### [Directions for this task]
I need every line that includes the word "Model" copied from the material.

### [Records supplied]
-*-*-

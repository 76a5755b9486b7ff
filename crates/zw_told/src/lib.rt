//! How tables and records by numbers are told by names: what is looked up, assigned, removed and changed by number is so
//! by name, too. It stands on the tellings of `zw_heap` and on the tables and records of `zw_def_world`, has no code, and
//! promises nothing of its own.
#![tactic(auto)]
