//! The C header of sketches (PLDI 2016, section 4.3): a function for each procedure, and a struct for what pointers lead to, one for
//! all that have equal trees of fields.
#![tactic(auto)]

mod declaring;
mod forest;
mod function;
pub mod laws;
mod making;
mod ports;
mod structs;

pub use declaring::{Sketches, header};
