// The trees of sketches in one graph.
ghost use Rattle.std.specs.Prelude.{◌≡◌, ◌<◌, All, IfOk, OnOk, ℕ, [], length, map, slice_index_or};
ghost use Rattle.rt_lattice.specs.Bounds.{IsBottom, IsTop};
ghost use Rattle.rt_lattice.specs.Lattices.{IsBelow, IsLattice, size_of};
ghost use Rattle.rt_lines.specs.Names.{IsName};
ghost use Rattle.rt_sketch.specs.Sketches.{HasMarksBelow};
ghost use Rattle.rt_tree.specs.Trees.{Nodes, node_at};
ghost use Rattle.rt_erase.specs.Erasures.{AreExtremes, HasGrown};
ghost use Rattle.rt_erase.specs.Rows.{scalar_number};
ghost use Rattle.rt_header.specs.Inside.Built.{IsForest, IsNodeOf, class_of, tree_of};
ghost use Rattle.rt_header.specs.Inside.Made.{AreErased, IsErased};

use crate::declaring::Sketches;
use rt_base::Memory;
use rt_erase::{Erasure, Extremes, scalar};
use rt_lattice::Lattice;
use rt_lines::Names;
use rt_tree::{Partition, Tree};
use std::alloc::Global;
use std::marker::Model;

// Sketches, of which what pointers lead to stands in one graph, and the classes of its nodes.
#[derive(Drop)]
pub(crate) struct Forest<'a> {
    sketches: &'a Sketches,
    names: &'a Names,
    erasure: Erasure,
    starts: Vec<u32>,
    classes: Partition,
}

impl<'a> Model for Forest<'a> {
    ghost use Rattle.std.specs.Prelude.{ℕ, map};
    ghost use Rattle.rt_tree.specs.Trees.{Nodes};
    ghost use Rattle.rt_header.specs.Inside.Built.{Forest as Trees, IsForest};

    ghost Value = { Trees };

    ghost view = { λ f. record {
      names = f.names.now;
      erased = f.erasure;
      trees = map (λ (s : ℕ × Nodes). s.1) f.sketches.now;
      starts = f.starts.items;
      classes = f.classes;
    } };

    ghost invariant = { λ f. IsForest (record {
      names = f.names.now;
      erased = f.erasure;
      trees = map (λ (s : ℕ × Nodes). s.1) f.sketches.now;
      starts = f.starts.items;
      classes = f.classes;
    }) };
}

// The count, the top and the bottom of the names of a lattice.
fn extremes_of(lattice: &Lattice) -> Extremes
    ensures count { result.count ≡ size_of lattice.now }
    ensures top { IsTop (IsBelow lattice.now) (size_of lattice.now) result.top }
    ensures bottom { IsBottom (IsBelow lattice.now) (size_of lattice.now) result.bottom }
{
    Extremes {
        count: lattice.names().items().len() as u16,
        top: lattice.top(),
        bottom: lattice.bottom(),
    }
}

// Adds a tree to a graph. The result is the number of its root.
fn add(alloc: Global, erasure: &mut Erasure, tree: &Tree) -> Result<u32, Memory>
    requires { HasMarksBelow erasure.old.extremes.count tree.now }
    ensures extremes { OnOk result (erasure.new.extremes ≡ erasure.old.extremes) }
    ensures grown { OnOk result (HasGrown erasure.old.graph erasure.new.graph) }
    ensures erased { IfOk result (λ start. IsErased erasure.new start tree.now) }
{
    let _size = tree.size();
    let start = erasure.add(alloc, tree)?;
    Ok(start)
}

// Adds the trees of sketches to a graph. The result are the numbers of their roots.
fn add_all(alloc: Global, erasure: &mut Erasure, sketches: &Sketches) -> Result<Vec<u32>, Memory>
    requires { All (λ (s : ℕ × Nodes). HasMarksBelow erasure.old.extremes.count s.1) sketches.now }
    ensures extremes { OnOk result (erasure.new.extremes ≡ erasure.old.extremes) }
    ensures erased { IfOk result (λ starts.
        AreErased erasure.new starts.items (map (λ (s : ℕ × Nodes). s.1) sketches.now)) }
{
    let mut starts = Vec::new(alloc);
    for (_number, sketch) in sketches.items() {
        starts.push(add(alloc, erasure, sketch.tree())?)?;
    }
    Ok(starts)
}

impl<'a> Forest<'a> {
    // The forest of sketches with the names of a lattice. The error is out of memory.
    pub(crate) fn of(
        alloc: Global,
        sketches: &'a Sketches,
        lattice: &'a Lattice,
    ) -> Result<Forest<'a>, Memory>
        requires marks { All (λ (s : ℕ × Nodes). HasMarksBelow (size_of lattice.now) s.1) sketches.now }
        ensures forest { IfOk result IsForest }
        ensures lattice { OnOk result (IsLattice lattice.now) }
        ensures names { IfOk result (λ forest. forest.names ≡ lattice.now.names) }
        ensures trees { IfOk result (λ forest. forest.trees ≡ map (λ (s : ℕ × Nodes). s.1) sketches.now) }
        ensures top { IfOk result (λ forest. IsTop (IsBelow lattice.now) (size_of lattice.now) forest.erased.extremes.top) }
        ensures bottom { IfOk result (λ forest.
            IsBottom (IsBelow lattice.now) (size_of lattice.now) forest.erased.extremes.bottom) }
    {
        let mut erasure = Erasure::new(alloc, extremes_of(lattice))?;
        let starts = add_all(alloc, &mut erasure, sketches)?;
        let classes = erasure.classes(alloc)?;
        Ok(Forest {
            sketches,
            names: lattice.names(),
            erasure,
            starts,
            classes,
        })
    }

    // The tree of a number.
    pub(crate) fn tree(&self, i: usize) -> &Tree
        requires { i < length self.now.trees }
        ensures tree { result.now ≡ tree_of self.now i }
        ensures forest { IsForest self.now }
    {
        let (_number, sketch) = &self.sketches.items()[i];
        sketch.tree()
    }

    // The class of what a pointer to a node of a tree leads to.
    pub(crate) fn class(&self, i: usize, node: u32) -> usize
        requires { IsNodeOf self.now i node }
        ensures class { result ≡ class_of self.now i node }
        ensures within { result < length self.now.erased.graph }
    {
        self.classes.class(self.starts[i] + node)
    }

    // How many nodes the graph has, whose numbers the classes are.
    pub(crate) fn count(&self) -> usize
        ensures { result ≡ length self.now.erased.graph }
    {
        self.erasure.size() as usize
    }

    // The name of a scalar at a node.
    pub(crate) fn scalar_name(&self, i: usize, node: u32) -> &[u8]
        requires { IsNodeOf self.now i node }
        ensures name { result.now ≡ slice_index_or self.now.names
            (scalar_number self.now.erased.extremes.top self.now.erased.extremes.bottom (node_at (tree_of self.now i) node)) [] }
        ensures spelled { IsName result.now }
    {
        let number = scalar(self.tree(i), node, self.erasure.extremes());
        self.names.items()[number as usize].items()
    }
}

-*-*-

### [Result of this task]
use std::marker::Model;
impl<'a> Model for Forest<'a> {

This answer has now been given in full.